CI (`.github/workflows/docs.yml`) builds the site strictly on every push + PR and
deploys to GitHub Pages on every merge to `main`.

## Status

**Phase 5 landed** — visualisation, Jinja2 reports, declarative runner (`bitig run`), and a
Rich-based interactive `bitig shell`.

**Forensic phase landed** — six additions (General Impostors, LR + calibration + evaluation
metrics, Sapkota categories + Stamatatos distortion, Unmasking, chain-of-custody + forensic
report template, PAN harness).

**Multi-language phase landed** — first-class support for English, Turkish, German, Spanish,
French behind a `bitig.languages` registry. Turkish parses through Stanford Stanza (BOUN
treebank) via `spacy-stanza`, returning native spaCy `Doc` objects so every feature extractor
works unchanged. Native readability formulas per language (Ateşman + Bezirci–Yılmaz for
Turkish, Flesch-Amstad + Wiener Sachtextformel for German, Fernández-Huerta + Szigriszt-Pazos
for Spanish, Kandel–Moles + LIX for French). Function-word lists generated reproducibly from
UD closed-class tokens.

**Docs site landed** — MkDocs Material site with Concepts, Forensic toolkit, Federalist +
PAN-CLEF + Turkish tutorials, and CLI/API reference. **417 tests passing.**

**Docs site is multilingual** — English (default) and Turkish (`/tr/`) launched via
`mkdocs-static-i18n`; DE/ES/FR infrastructure ready, translation content deferred.

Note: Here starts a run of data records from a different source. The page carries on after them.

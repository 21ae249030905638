//! The calls of a search on a rule set: covers and ranks.
ghost use Rattle.std.specs.Prelude.{◌↔◌};
ghost use Rattle.std.specs.Bool.{IsTrue};
ghost use Rattle.std.specs.List.{All};
ghost use Rattle.rx_pairs.specs.Pairs.{SidesFit};

use crate::found_answer::ended;
use crate::found_printing::{push_cover, push_lowering, push_table};
use rx_find_cover::find_cover;
use rx_find_ranks::{Ranking, find_ranks};
use rx_fm::FmEnd;
use rx_pairs::have_roots;
use rx_rank::RankingKind;
use rx_row::Constraint;
use rx_solve::refutes;
use rx_term::{Rule, RuleSet};
use std::alloc::Global;
use test_lines::{Answer, nothing, rules, written};

// What is found of covers.
fn cover(alloc: Global, set: &RuleSet) -> Option<Answer> {
    let mut solve = |rows: &Constraint| refutes(alloc, rows);
    match find_cover(alloc, set, &mut solve) {
        Ok(Some(cover)) => written(alloc, |out| push_cover(&cover, out)),
        Ok(None) => nothing(),
        Err(end) => ended(end),
    }
}

/// Whether both sides of the rule fit the set.
fn has_fitting_sides(set: &RuleSet, rule: &Rule) -> bool
    ensures { IsTrue result ↔ SidesFit set.now rule.now }
{
    set.fits(&rule.left) && set.fits(&rule.right)
}

/// Whether both sides of each rule fit the set.
fn have_fitting_sides(set: &RuleSet, rules: &[Rule]) -> bool
    ensures { IsTrue result ↔ All (SidesFit set.now) rules.now }
{
    for rule in rules {
        if !has_fitting_sides(set, rule) {
            return false;
        }
    }
    true
}

// What the plain ranking finds under these hypotheses; none where they don't fit the set.
fn ranked(
    alloc: Global,
    set: &RuleSet,
    hypotheses: &[Rule],
) -> Option<Result<Option<Ranking>, FmEnd>> {
    if !have_roots(hypotheses) || !have_fitting_sides(set, hypotheses) {
        return None;
    }
    let mut solve = |rows: &Constraint| refutes(alloc, rows);
    let plain = RankingKind::Plain;
    Some(find_ranks(alloc, plain, set, hypotheses, &mut solve))
}

fn ranking(alloc: Global, set: &RuleSet, given: &str) -> Option<Result<Option<Ranking>, FmEnd>> {
    let hypotheses = rules(alloc, given)?;
    ranked(alloc, set, hypotheses.as_slice())
}

// The ranks that are found under these hypotheses.
fn ranks(alloc: Global, set: &RuleSet, hypotheses: &str) -> Option<Answer> {
    match ranking(alloc, set, hypotheses)? {
        Ok(Some(found)) => written(alloc, |out| push_table(&found, out)),
        Ok(None) => nothing(),
        Err(end) => ended(end),
    }
}

// Why the pairs are lower by the ranks that are found.
fn lowers(alloc: Global, set: &RuleSet, hypotheses: &str) -> Option<Answer> {
    match ranking(alloc, set, hypotheses)? {
        Ok(Some(found)) => written(alloc, |out| push_lowering(&found, out)),
        Ok(None) => nothing(),
        Err(end) => ended(end),
    }
}

/// What the call on the rule set answers; none where the line can't be read, or there is no memory.
pub fn answer_to(alloc: Global, set: &RuleSet, call: &str, given: &str) -> Option<Answer> {
    match call {
        "cover" => cover(alloc, set),
        "ranks" => ranks(alloc, set, given),
        "lowers" => lowers(alloc, set, given),
        _ => None,
    }
}
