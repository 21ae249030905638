//! Rule texts, with the answers that another program gives: read, and written again.
//!
//! Each line of the standard input is a call, what it is given, and what it is to answer, with
//! ` | ` between them. `read` is given a text, in which `\n` is a line end, and `\x` with two
//! hexadecimal digits any byte. `text` has the text of which the lines after it speak: `cut` is
//! given how many of its bytes are left, `byte` a place and the byte that stands there instead.
//! `symbols` is given how many symbols a text without rules declares. The answers are `same` where
//! a rule set and an equation were read that are written as the same bytes again, `line` with the
//! number of the first bad line, and `rule` with the number of the first rule that isn't well made.
//! A line that begins with `#` is a heading.
#![tactic(auto)]

mod calls;

use crate::calls::Texts;
use std::alloc::Global;
use std::io;
use test_lines::{BAR, Meant, Verdict, case_of, count_lines};

// Whether the line's call answers what is wanted; none where that isn't known.
fn is_answered(
    alloc: Global,
    texts: &Texts,
    call: &str,
    given: &str,
    wanted: &str,
) -> Option<bool> {
    let found = texts.answer_to(alloc, call, given)?;
    found.is_meant(alloc, wanted)
}

// How a line fares: some only say of which text the next ones speak.
fn judged(alloc: Global, texts: &mut Texts, line: &str) -> Verdict {
    let Some(case) = case_of(line, BAR) else {
        return Verdict::Unread;
    };
    if case.call == "text" {
        return match texts.keep(alloc, case.wanted) {
            Some(()) => Verdict::Given,
            None => Verdict::Unread,
        };
    }
    Verdict::of(is_answered(alloc, texts, case.call, case.given, case.wanted))
}

fn main(rt: HostRuntime) -> io::Result<()> {
    let mut texts = Texts::new(rt.alloc());
    count_lines(&rt, "lines", |alloc, line| judged(alloc, &mut texts, line))
}
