//! Why a call finds nothing, as an answer.
use rx_fm::FmEnd;
use test_lines::Answer;

/// Why there is no answer; out of memory is none that a line could want.
pub fn ended(end: FmEnd) -> Option<Answer> {
    match end {
        FmEnd::Large => Some(Answer::Word("large")),
        FmEnd::NoMemory => None,
    }
}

**Remaining** — PyPI publish.

See [`docs/superpowers/specs/2026-04-17-bitig-stylometry-package-design.md`](docs/superpowers/specs/2026-04-17-bitig-stylometry-package-design.md) for the full design.

## License

BSD-3-Clause. See [`LICENSE`](LICENSE).

## Citation

If you use bitig in published work, please cite it — see [`CITATION.cff`](CITATION.cff).

## References

The forensic toolkit implements methods from the following peer-reviewed sources:

- Koppel, M., & Winter, Y. (2014). Determining if two documents are written by the same
  author. *JASIST*, 65(1), 178–187.
- Koppel, M., & Schler, J. (2004). Authorship verification as a one-class classification
  problem. *Proceedings of ICML 2004*, 489–495.
- Sapkota, U., Bethard, S., Montes-y-Gómez, M., & Solorio, T. (2015). Not all character
  n-grams are created equal. *Proceedings of NAACL-HLT 2015*, 93–102.
- Stamatatos, E. (2013). On the robustness of authorship attribution based on character
  n-gram features. *Journal of Law and Policy*, 21(2), 421–439.
- Brümmer, N., & du Preez, J. (2006). Application-independent evaluation of speaker
  detection. *Computer Speech & Language*, 20(2–3), 230–275.
- Peñas, A., & Rodrigo, A. (2011). A simple measure to assess non-response. *Proceedings of
  ACL-HLT 2011*, 1415–1424.
- Platt, J. C. (1999). Probabilistic outputs for SVMs and comparisons to regularized
  likelihood methods. *Advances in Large Margin Classifiers*, 61–74.
- ENFSI (2015). *Guideline for evaluative reporting in forensic science*; Nordgaard, A.,
  Ansell, R., Drotz, W., & Jaeger, L. (2012). Scale of conclusions for the value of
  evidence. *Law, Probability and Risk*, 11(1), 1–24.